▶ [Material shown]:
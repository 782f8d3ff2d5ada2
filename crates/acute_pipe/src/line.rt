// The line that says how a sender ended.
ghost use Rattle.std.specs.Prelude.{◌≡◌, ◌++◌, IfOk};
ghost use Rattle.acute_pipe.specs.Senders.{ended_with, sender_line, status_in};

use ac_spawn::Ended;
use ac_text::put_integer;
use ac_types::{Memory, Text};
use std::alloc::Global;

/// A line, and behind it that of the sender, where it has ended with another status than 0. `Err` for
/// want of memory.
#[tactic(auto, using(crate::proofs::SenderLaws::line_behind))]
pub fn with_sender(alloc: Global, line: &[u8], sender: Ended) -> Result<Text, Memory>
    ensures { IfOk result (λ text. text.0 ≡ line.now ++ sender_line (status_in sender)) }
{
    match sender {
        Ended::Failed | Ended::Status(0) => Text::from_slice(alloc, line),
        Ended::Status(status) => {
            let mut text = Text::from_slice(alloc, line)?;
            text.extend(ended_line(alloc, status)?.as_slice())?;
            Ok(text)
        }
    }
}

// The line of a sender that has ended with this status.
fn ended_line(alloc: Global, status: i32) -> Result<Text, Memory>
    ensures { IfOk result (λ text. text.0 ≡ ended_with status) }
{
    let mut text = Text::from_slice(alloc, b"acute: sender ended with ")?;
    put_integer(alloc, &mut text, i64::from(status))?;
    text.extend(b"\n")?;
    Ok(text)
}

▶ [Task directions]: Scan the material above. Return every line containing the string "ghost".

▶ [Your response]:
ghost use Rattle.std.specs.Prelude.{◌≡◌, ◌++◌, IfOk};
ghost use Rattle.acute_pipe.specs.Senders.{ended_with, sender_line, status_in};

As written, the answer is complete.